Will also need a car if anyone is in the car game - looking to stick to 3,500 a month payments if I can over 5 years and buy used in the first place to get a better deal.

Really tough bit over, getting the job and getting here, now let's hope my expectations do not crack and crumble - I have tried to have my eyes wide open to see "warts and all" so hopefully my expectations are realistic.


----------



## dizzyizzy (Mar 30, 2008)

Hi Andrew and welcome to Dubai! Can't really help with the info you need so just wanted to say welcome and good luck with the new job! and when you are ready we have some nights out organised sometimes, where you can meet other expats and hopefully make a few friends. enjoy Dubai!


----------



## Andrew Farrant (Feb 9, 2009)

Thanks Izzy, I have been here twice before but only for a week at a time for business so this is my first "real" view of dubai. My first impression is how completely "normal" it iall seems, not like the press reports.

Had a great lunch at Al Halab yesterday, amazed at how cheap BUT (there is always a BUT) was stung for 80AED for a jar of honey at Carrefour  You win some, you lose some


----------



## HelenG (Oct 21, 2008)

80Dhs! What kind of honey are you buying Andrew?

I'd say get yourself a hire car first. That'll give you a chance to find your feet and get around to find a place to live. I don't think you'll have a problem with that budget for buying a car.


----------



## marc (Mar 10, 2008)

Hi Andrew,

Welcome! 

I will get you some detailed info on the rent or buy scheme's e.t.c and post it for you.....

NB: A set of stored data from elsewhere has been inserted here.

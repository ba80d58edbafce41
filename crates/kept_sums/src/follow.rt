//! Rows and exclusions, followed by all sums.
ghost use Rattle.std.specs.Prelude.{◌≡◌, ◌+◌, ◌≤◌, ◌++◌, [], Bool, List, OnOk, length, not};
ghost use Rattle.std.specs.Prelude.{vec_capacity, vec_len};
ghost use Rattle.sample_book.specs.declared.Exclusion.{Exclusion};
ghost use Rattle.sample_book.specs.declared.Row.{Row};
ghost use Rattle.sample_book.specs.Puts.{verdicts as verdicts_def};
ghost use Rattle.sample_book.specs.Rows.{current_rows};
ghost use Rattle.slo_limits.specs.declared.TheConstants.{MAX_SUMMED_ROWS};
ghost use Rattle.kept_sums.specs.Walks.{made_on};
ghost use Rattle.kept_sums.specs.Objectives.{AreKept, HaveDays, HaveForms, made_for, measures_of};

use crate::batch::{count_batch, reserve_batch};
use crate::kept::{KeptSums, ObjectiveSums};
use crate::range::follow_exclusion;
use sample_book::{Exclusion, Row, RowVerdict, SampleBook};
use std::alloc::AllocError;

/// Makes the days of the rows of a batch be there in all of these sums.
fn reserve_all(objectives: &mut Vec<ObjectiveSums>, rows: &[Row]) -> Result<(), AllocError>
    ensures days { OnOk result (HaveDays rows.now objectives.new.items) }
    ensures kept { (made : List (Exclusion × Bool)) (before : List Row)
        → AreKept made before objectives.old.items → AreKept made before objectives.new.items }
    ensures measures { measures_of objectives.new.items ≡ measures_of objectives.old.items }
    ensures spare { vec_capacity objectives.new ≡ vec_capacity objectives.old }
{
    for kept in objectives.iter_mut() {
        reserve_batch(&mut kept.sums, &kept.measure, rows)?;
    }
    Ok(())
}

/// All of these sums follow the rows of a batch.
fn count_all(
    objectives: &mut Vec<ObjectiveSums>,
    pool: bool,
    book: &SampleBook,
    rows: &[Row],
    verdicts: &[RowVerdict],
)
    requires kept { AreKept (made_for pool book.now.exclusions) book.now.rows objectives.old.items }
    requires verdicts { verdicts.now ≡ verdicts_def book.now.rows rows.now }
    requires forms { HaveForms book.now.rows objectives.old.items }
    requires fit { HaveForms rows.now objectives.old.items }
    requires days { HaveDays rows.now objectives.old.items }
    requires few { length (current_rows (book.now.rows ++ rows.now)) ≤ MAX_SUMMED_ROWS }
    ensures kept { AreKept (made_for pool book.now.exclusions)
        (current_rows (book.now.rows ++ rows.now)) objectives.new.items }
    ensures measures { measures_of objectives.new.items ≡ measures_of objectives.old.items }
    ensures spare { vec_capacity objectives.new ≡ vec_capacity objectives.old }
{
    for kept in objectives.iter_mut() {
        count_batch(&mut kept.sums, &kept.measure, pool, book, rows, verdicts);
    }
}

/// All of these sums follow an exclusion that is made (`taken`), or one that is lifted.
fn turn_all(objectives: &mut Vec<ObjectiveSums>, book: &SampleBook, value: &Exclusion, taken: bool)
    requires kept { AreKept (made_on book.now.exclusions value.now (not taken)) book.now.rows
        objectives.old.items }
    requires forms { HaveForms book.now.rows objectives.old.items }
    requires few { length book.now.rows ≤ MAX_SUMMED_ROWS }
    ensures kept { AreKept (made_on book.now.exclusions value.now taken) book.now.rows
        objectives.new.items }
    ensures measures { measures_of objectives.new.items ≡ measures_of objectives.old.items }
    ensures spare { vec_capacity objectives.new ≡ vec_capacity objectives.old }
{
    for kept in objectives.iter_mut() {
        follow_exclusion(&mut kept.sums, &kept.measure, book, value, taken);
    }
}

impl KeptSums {
    /// Makes the days of the rows of a batch be there in all sums, and leaves all counts as they
    /// are.
    ///
    /// # Errors
    ///
    /// Memory ran out.
    pub fn reserve_rows(&mut self, rows: &[Row]) -> Result<(), AllocError>
        ensures days { OnOk result (HaveDays rows.now self.new.own) }
        ensures pooled_days { OnOk result (HaveDays rows.now self.new.pooled) }
        ensures kept { (made : List (Exclusion × Bool)) (before : List Row)
            → AreKept made before self.old.own → AreKept made before self.new.own }
        ensures pooled { (made : List (Exclusion × Bool)) (before : List Row)
            → AreKept made before self.old.pooled → AreKept made before self.new.pooled }
        ensures measures { measures_of self.new.own ≡ measures_of self.old.own }
        ensures pooled_measures { measures_of self.new.pooled ≡ measures_of self.old.pooled }
    {
        reserve_all(&mut self.own, rows)?;
        reserve_all(&mut self.pooled, rows)
    }

    /// The sums follow the rows of a batch, each of which becomes this over those before it. The
    /// book doesn't have them yet. No memory is taken.
    pub fn follow_rows(&mut self, book: &SampleBook, rows: &[Row], verdicts: &[RowVerdict])
        requires kept { AreKept book.now.exclusions book.now.rows self.old.own }
        requires pooled { AreKept [] book.now.rows self.old.pooled }
        requires verdicts { verdicts.now ≡ verdicts_def book.now.rows rows.now }
        requires forms { HaveForms book.now.rows self.old.own }
        requires pooled_forms { HaveForms book.now.rows self.old.pooled }
        requires fit { HaveForms rows.now self.old.own }
        requires pooled_fit { HaveForms rows.now self.old.pooled }
        requires days { HaveDays rows.now self.old.own }
        requires pooled_days { HaveDays rows.now self.old.pooled }
        requires few { length (current_rows (book.now.rows ++ rows.now)) ≤ MAX_SUMMED_ROWS }
        ensures kept { AreKept book.now.exclusions (current_rows (book.now.rows ++ rows.now))
            self.new.own }
        ensures pooled { AreKept [] (current_rows (book.now.rows ++ rows.now)) self.new.pooled }
        ensures measures { measures_of self.new.own ≡ measures_of self.old.own }
        ensures pooled_measures { measures_of self.new.pooled ≡ measures_of self.old.pooled }
    {
        count_all(&mut self.own, false, book, rows, verdicts);
        count_all(&mut self.pooled, true, book, rows, verdicts);
    }

    /// The sums follow an exclusion that is made (`taken`), or one that is lifted. The book is the
    /// one without it. Those that are pooled stay: nothing is excluded from them. No memory is
    /// taken.
    pub fn follow_exclusion(&mut self, book: &SampleBook, value: &Exclusion, taken: bool)
        requires kept { AreKept (made_on book.now.exclusions value.now (not taken)) book.now.rows
            self.old.own }
        requires forms { HaveForms book.now.rows self.old.own }
        requires few { length book.now.rows ≤ MAX_SUMMED_ROWS }
        ensures kept { AreKept (made_on book.now.exclusions value.now taken) book.now.rows
            self.new.own }
        ensures measures { measures_of self.new.own ≡ measures_of self.old.own }
        ensures pooled { self.new.pooled ≡ self.old.pooled }
    {
        turn_all(&mut self.own, book, value, taken);
    }
}
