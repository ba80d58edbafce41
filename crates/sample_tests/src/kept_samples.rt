//! Rows and exclusions that come to a book, and that each call succeeds, which no clause says.
ghost use Rattle.std.specs.Prelude.{◌≡◌, []};

use crate::expectations::{expect, expect_text};
use exact_fraction::{Label, read_label};
use sample_book::{Exclusion, Row, RowVerdict, SampleBook};
use slice_method::Amount;
use std::alloc::{AllocError, Global};
use std::process::Abort;
use std::{mem, slice};

pub(crate) fn label(rt: &impl Abort, text: &[u8]) -> Label {
    read_label(text).expect(rt, "a label")
}

pub(crate) fn empty_book(rt: &impl Abort, alloc: Global) -> SampleBook
    ensures { result.rows ≡ [] }
{
    SampleBook::new(alloc).expect(rt, "memory")
}

/// Ends a book, whose memory goes with the test's. The proof that all of it is let go is long, and
/// no test is about it.
pub(crate) fn let_go(book: SampleBook) {
    mem::forget(book);
}

fn row(web: Label, revision: u32, part: u32) -> Row {
    Row {
        sli: web,
        source: web,
        minute: 100,
        revision,
        amount: Amount::Counts {
            part,
            total: 10_000,
        },
    }
}

/// Takes a row as a caller does: what is new gets room, what is new or newer is put.
fn take(book: &mut SampleBook, row: &Row) -> Result<RowVerdict, AllocError> {
    let verdict = book.check(row);
    match verdict {
        RowVerdict::New => {
            book.make_room(slice::from_ref(row))?;
            book.put(row);
        }
        RowVerdict::Newer(_) => book.put(row),
        RowVerdict::Repeated | RowVerdict::Superseded(_) | RowVerdict::Conflict(_) => {}
    }
    Ok(verdict)
}

fn word(verdict: Result<RowVerdict, AllocError>) -> &'static str {
    match verdict {
        Ok(RowVerdict::New) => "new",
        Ok(RowVerdict::Newer(_)) => "newer",
        Ok(RowVerdict::Repeated) => "repeated",
        Ok(RowVerdict::Superseded(_)) => "superseded",
        Ok(RowVerdict::Conflict(_)) => "conflict",
        Err(_) => "no memory",
    }
}

/// One cell gets the revisions 1, 3, 2, 3, and then 3 with another amount.
const BATCH: [(u32, u32, &str); 5] = [
    (1, 9990, "new"),
    (3, 1, "newer"),
    (2, 9995, "superseded"),
    (3, 1, "repeated"),
    (3, 2, "conflict"),
];

#[test]
fn the_greatest_revision_counts(rt: HostRuntime) {
    let web = label(&rt, b"web");
    let mut book = empty_book(&rt, rt.alloc());
    for (revision, part, want) in BATCH {
        let told = word(take(&mut book, &row(web, revision, part)));
        expect_text(&rt, "a row", told, want);
    }
    assert!(rt; book.row_at(0) == Some(row(web, 3, 1)) && book.cells() == 1);
    let_go(book);
}

/// The same batch as a whole, over a book that stays empty.
fn words_of_batch(
    alloc: Global,
    book: &SampleBook,
    web: Label,
) -> Result<Vec<&'static str>, AllocError> {
    let mut rows = Vec::new(alloc);
    for (revision, part, _) in BATCH {
        rows.push(row(web, revision, part))?;
    }
    let mut words = Vec::new(alloc);
    for verdict in &book.check_batch(alloc, &rows)? {
        words.push(word(Ok(*verdict)))?;
    }
    Ok(words)
}

#[test]
fn a_batch_is_judged_and_not_put(rt: HostRuntime) {
    let book = empty_book(&rt, rt.alloc());
    let words = words_of_batch(rt.alloc(), &book, label(&rt, b"web")).expect(&rt, "memory");
    let wanted = ["new", "newer", "superseded", "repeated", "conflict"];
    expect(&rt, words.as_slice() == wanted.as_slice(), "a batch");
    assert!(rt; book.cells() == 0);
    let_go(book);
}

/// Two sources, three minutes on two days, sent in two batches: minute 1439 is of day 0, minute
/// 1440 of day 1.
fn sent(source: Label, minute: u32) -> Row {
    Row {
        sli: source,
        source,
        minute,
        revision: 1,
        amount: Amount::Counts { part: 1, total: 2 },
    }
}

/// Gives a batch room, and takes its rows.
fn take_batch(book: &mut SampleBook, rows: &[Row]) -> Result<(), AllocError> {
    book.make_room(rows)?;
    for row in rows {
        take(book, row)?;
    }
    Ok(())
}

#[test]
fn rows_of_a_day_are_found(rt: HostRuntime) {
    let web = label(&rt, b"web");
    let shop = label(&rt, b"shop");
    let mut book = empty_book(&rt, rt.alloc());
    let first = [sent(web, 1439), sent(shop, 1440), sent(web, 1440)];
    take_batch(&mut book, &first).expect(&rt, "memory");
    take_batch(&mut book, &[sent(web, 3), sent(web, 1441)]).expect(&rt, "memory");
    let lasts = [
        book.last_row_on(web, 0),
        book.last_row_on(web, 1),
        book.last_row_on(shop, 0),
    ];
    assert!(rt; lasts == [Some(3), Some(4), None]);
    assert!(rt; book.last_row(web) == Some(4) && book.last_row(shop) == Some(1));
    assert!(rt; book.first_row(shop) == Some(sent(shop, 1440)));
    let_go(book);
}

/// Makes an exclusion as a caller does, where its id is unused.
pub(crate) fn exclude(book: &mut SampleBook, id: Label, slo: Label, from: u32, to: u32) -> bool
    ensures { book.new.rows ≡ book.old.rows }
{
    if book.exclusion(id).is_none() && book.reserve(1).is_ok() {
        book.exclude(Exclusion { id, slo, from, to });
        true
    } else {
        false
    }
}

/// Lifts an exclusion as a caller does, where it is live.
pub(crate) fn lift(book: &mut SampleBook, id: Label) -> bool
    ensures { book.new.rows ≡ book.old.rows }
{
    match book.exclusion(id) {
        Some((_, true)) => {
            book.lift(id);
            true
        }
        _ => false,
    }
}

/// Whether exactly those of these minutes are excluded whose flag says so.
pub(crate) fn agrees(book: &SampleBook, slo: Label, minutes: &[(u32, bool)]) -> bool {
    minutes
        .iter()
        .all(|minute| book.is_excluded(slo, minute.0) == minute.1)
}

const BOTH: [(u32, bool); 6] = [
    (99, false),
    (100, true),
    (107, true),
    (110, true),
    (114, true),
    (115, false),
];

const LATER: [(u32, bool); 5] = [
    (100, false),
    (104, false),
    (105, true),
    (114, true),
    (115, false),
];

const NEITHER: [(u32, bool); 3] = [(100, false), (107, false), (114, false)];

/// [100, 110) under the objective's own name, and [105, 115) under another one.
fn exclude_both(book: &mut SampleBook, slo: Label, other: Label) -> bool {
    let first = exclude(book, slo, slo, 100, 110);
    let second = exclude(book, other, slo, 105, 115);
    first & second
}

/// Whether the minutes are as they should be while both are live, after the first was lifted, and
/// after both were.
fn lifts_one_by_one(book: &mut SampleBook, slo: Label, other: Label) -> bool {
    let both = agrees(book, slo, &BOTH) & agrees(book, other, &NEITHER);
    let lifted = lift(book, slo);
    let later = agrees(book, slo, &LATER);
    let all = lift(book, other);
    let neither = agrees(book, slo, &NEITHER);
    both & lifted & later & all & neither
}

#[test]
fn overlapping_exclusions_are_lifted_one_by_one(rt: HostRuntime) {
    let slo = label(&rt, b"shop");
    let other = label(&rt, b"bar");
    let mut book = empty_book(&rt, rt.alloc());
    assert!(rt; exclude_both(&mut book, slo, other));
    assert!(rt; lifts_one_by_one(&mut book, slo, other));
    let first = Exclusion {
        id: slo,
        slo,
        from: 100,
        to: 110,
    };
    assert!(rt; book.exclusion_at(0) == Some((first, false)) && book.exclusions() == 2);
    assert!(rt; book.exclusion_at(2).is_none());
    let_go(book);
}

/// What further rows are where revision 2 with 9995 of 10000 is kept.
const AFTER: [(u32, u32, &str); 4] = [
    (2, 9995, "repeated"),
    (1, 9995, "superseded"),
    (2, 1, "conflict"),
    (3, 1, "newer"),
];

/// Whether each of these rows is judged so over the book.
fn are_judged(book: &SampleBook, web: Label, rows: &[(u32, u32, &str)]) -> bool {
    rows.iter().all(|want| word(Ok(book.check(&row(web, want.0, want.1)))) == want.2)
}

/// Whether the refusals show what is kept.
fn show_the_kept_row(book: &SampleBook, web: Label) -> bool {
    let old = book.check(&row(web, 1, 1)) == RowVerdict::Superseded(2);
    let other = book.check(&row(web, 2, 1)) == RowVerdict::Conflict(row(web, 2, 9995));
    old & other
}

#[test]
fn rows_are_judged_by_the_kept_one(rt: HostRuntime) {
    let web = label(&rt, b"web");
    let mut book = empty_book(&rt, rt.alloc());
    let told = word(take(&mut book, &row(web, 2, 9995)));
    expect_text(&rt, "a row", told, "new");
    assert!(rt; are_judged(&book, web, &AFTER) & show_the_kept_row(&book, web));
    let_go(book);
}

/// Room for a further cell is no row.
#[test]
fn room_is_no_row(rt: HostRuntime) {
    let web = label(&rt, b"web");
    let bar = label(&rt, b"bar");
    let mut book = empty_book(&rt, rt.alloc());
    let told = word(take(&mut book, &row(web, 2, 9995)));
    expect_text(&rt, "a row", told, "new");
    let alone = book.row_at(1).is_none();
    let roomy = book.make_room(slice::from_ref(&row(bar, 1, 1))).is_ok();
    let first = book.row_at(0) == Some(row(web, 2, 9995));
    assert!(rt; alone & roomy & first & book.row_at(1).is_none());
    let_go(book);
}

/// Whether an exclusion is kept, and not live.
fn is_lifted(book: &SampleBook, id: Label) -> bool {
    match book.exclusion(id) {
        Some((_, live)) => !live,
        None => false,
    }
}

const ONE_MINUTE: [(u32, bool); 3] = [(99, false), (100, true), (101, false)];

/// [100, 101) has one minute, and none once it is lifted.
fn excludes_one_minute(book: &mut SampleBook, slo: Label) -> bool {
    let made = exclude(book, slo, slo, 100, 101);
    let live = agrees(book, slo, &ONE_MINUTE);
    let lifted = lift(book, slo);
    let after = agrees(book, slo, &NEITHER);
    made & live & lifted & after & is_lifted(book, slo)
}

#[test]
fn an_exclusion_ends_before_its_last_minute(rt: HostRuntime) {
    let slo = label(&rt, b"shop");
    let mut book = empty_book(&rt, rt.alloc());
    assert!(rt; excludes_one_minute(&mut book, slo));
    let_go(book);
}
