//! Sums to which tests add the events of minutes, with a bound on all events that were added.
ghost use Rattle.std.specs.Prelude.{◌≡◌, ◌≢◌, ℕ, ◌+◌, ◌*◌, ◌<◌, ◌≤◌};
ghost use Rattle.std.specs.Int.{◌∣◌};
ghost use Rattle.slo_terms.specs.Sums.{most_events};
ghost use Rattle.window_sums.specs.Slices.{HasAtMost, IsPart, counts_of, new_counts, no_counts};
ghost use Rattle.window_sums.specs.Slices.{slice_of, width_of};

use crate::row_words::number;
use exact_fraction::Decimal;
use slice_method::{Counts, Method};
use std::alloc::Global;
use std::process::Abort;
use window_sums::WindowSums;

pub(crate) const NOTHING: Counts = Counts { good: 0, total: 0 };

pub(crate) fn counts(good: u64, total: u64) -> Counts
    ensures { result ≡ record { good = good; total = total } }
{
    Counts { good, total }
}

/// Ratios of slices, or slices that reach a target in billionths, or the events where the width is
/// no divisor of an hour.
pub(crate) fn method_of(width: u32, target: Option<u64>) -> Method
    ensures { width_of result ∣ 60 }
{
    if width == 0 || 60 % width != 0 {
        return Method::Occurrences;
    }
    match target {
        Some(billionths) => Method::Timeslices {
            width,
            target: Decimal::of_billionths(billionths.min(1_000_000_000)),
        },
        None => Method::RatioTimeslices { width },
    }
}

/// Sums without events.
pub(crate) fn start(alloc: Global, method: Method) -> WindowSums
    requires { width_of method ∣ 60 }
    ensures method { result.method ≡ method }
    ensures counts { (slice : ℕ) → counts_of result slice ≡ no_counts }
    ensures few { HasAtMost result.method (counts_of result) 0 }
{
    WindowSums::new(alloc, method)
}

/// Makes room for a minute and changes its counts. The caller says how many events there are at
/// most.
pub(crate) fn put<R: Abort>(
    rt: &R,
    sums: &mut WindowSums,
    minute: u32,
    before: Counts,
    after: Counts,
    most: u64,
)
    requires few { HasAtMost sums.old.method (counts_of sums.old) most }
    requires most { most + (after.total + 1000000000) ≤ most_events }
    requires good { before.good ≤ (counts_of sums.old (slice_of sums.old.method minute)).good }
    requires total { before.total ≤ (counts_of sums.old (slice_of sums.old.method minute)).total }
    requires part { IsPart (new_counts (counts_of sums.old (slice_of sums.old.method minute)) before
        after) }
    ensures method { sums.new.method ≡ sums.old.method }
    ensures few { HasAtMost sums.new.method (counts_of sums.new)
        (most + (after.total + 1000000000)) }
    ensures here { counts_of sums.new (slice_of sums.old.method minute)
        ≡ new_counts (counts_of sums.old (slice_of sums.old.method minute)) before after }
    ensures others { (slice : ℕ) → slice ≢ slice_of sums.old.method minute
        → counts_of sums.new slice ≡ counts_of sums.old slice }
{
    sums.reserve(minute).expect(rt, "a day");
    sums.change(minute, before, after);
}

/// Adds the events of a minute, after so many others.
pub(crate) fn add<R: Abort>(
    rt: &R,
    sums: &mut WindowSums,
    minute: u32,
    good: u64,
    total: u64,
    others: u64,
)
    requires part { good ≤ total }
    requires small { total ≤ 1000000000 }
    requires some { others < 1000000 }
    requires few { HasAtMost sums.old.method (counts_of sums.old) (others * 2000000000) }
    ensures method { sums.new.method ≡ sums.old.method }
    ensures few { HasAtMost sums.new.method (counts_of sums.new) ((others + 1) * 2000000000) }
{
    put(
        rt,
        sums,
        minute,
        NOTHING,
        counts(good, total),
        others * 2_000_000_000,
    );
}

/// Sums of the events of a row, which has of each minute its number, the good events and all.
pub(crate) fn filled<R: Abort>(rt: &R, alloc: Global, method: Method, row: &str) -> WindowSums
    requires { width_of method ∣ 60 }
{
    let mut words = row.split_whitespace();
    let mut sums = start(alloc, method);
    for place in 0..100 {
        let minute = words.next();
        if minute.is_none() {
            break;
        }
        let minute = number(rt, minute, 2_100_000) as u32;
        let good = number(rt, words.next(), 1_000_000_000);
        let total = number(rt, words.next(), 1_000_000_000);
        assert!(rt; good <= total);
        add(rt, &mut sums, minute, good, total, place);
    }
    sums
}
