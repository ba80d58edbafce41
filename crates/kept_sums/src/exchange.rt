//! One row's share exchanged for another.
ghost use Rattle.std.specs.Prelude.{◌≡◌, ◌≢◌, ℕ, List, IsTrue};
ghost use Rattle.window_sums.specs.Shares.{IsSumOf, Share};
ghost use Rattle.window_sums.specs.Slices.{counts_of, day_of, has_day, slice_of};
ghost use Rattle.kept_sums.specs.Replacing.{MayReplace, among};

use slice_method::Counts;
use window_sums::WindowSums;

/// Takes what a row counted for from the slice of a minute, and adds what another counts for.
pub(crate) fn exchange(sums: &mut WindowSums, minute: u32, old: Counts, new: Counts)
    requires day { old ≢ new → IsTrue (has_day sums.old (day_of minute)) }
    requires may { (before : List Share) × (after : List Share)
        × MayReplace sums.old minute old new before after }
    ensures method { sums.new.method ≡ sums.old.method }
    ensures counted { (before after : List Share) → IsSumOf sums.old (among before minute old after)
        → IsSumOf sums.new (among before minute new after) }
    ensures days { (day : ℕ) → has_day sums.new day ≡ has_day sums.old day }
    ensures touched { (slice : ℕ) → slice ≢ slice_of sums.old.method minute
        → counts_of sums.new slice ≡ counts_of sums.old slice }
    ensures same { old ≡ new → (slice : ℕ) → counts_of sums.new slice ≡ counts_of sums.old slice }
{
    if old != new {
        sums.change(minute, old, new);
    }
}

For Cars, - i would suggest rent for a couple of months first, but if you really do want to buy one, you should check out AutoMarket, and dubizzle, also MAF / AAFutaim auctions - for all those cars left at the airport !!!!!!!


----------



## dizzyizzy (Mar 30, 2008)

Hi Marc,

Do you have the link for AAFutaim Auctions? Or do you know how to get the auctions listing?

Thanks

Izzy


----------



## marc (Mar 10, 2008)

No sorry, i have just had a look, i thought there would be one 

but try these; 

Most reliable used cars [ Al-Futtaim Automall ]

AUTOMART::Used Cars Dubai UAE | Buy Sell New & Used Cars |Sharjah Dubai Abu Dhabi Saudi Oman Qatar Bahrain Kuwait GCC Middle East, all about dubai vehicles with classified ads,New car news & feature car


----------



## Andrew Farrant (Feb 9, 2009)

Thanks for the pointers folks and in particular the cars Marc - the "dumped" cars are becoming almost legendary back home so it would be fantastic to get a deal on one.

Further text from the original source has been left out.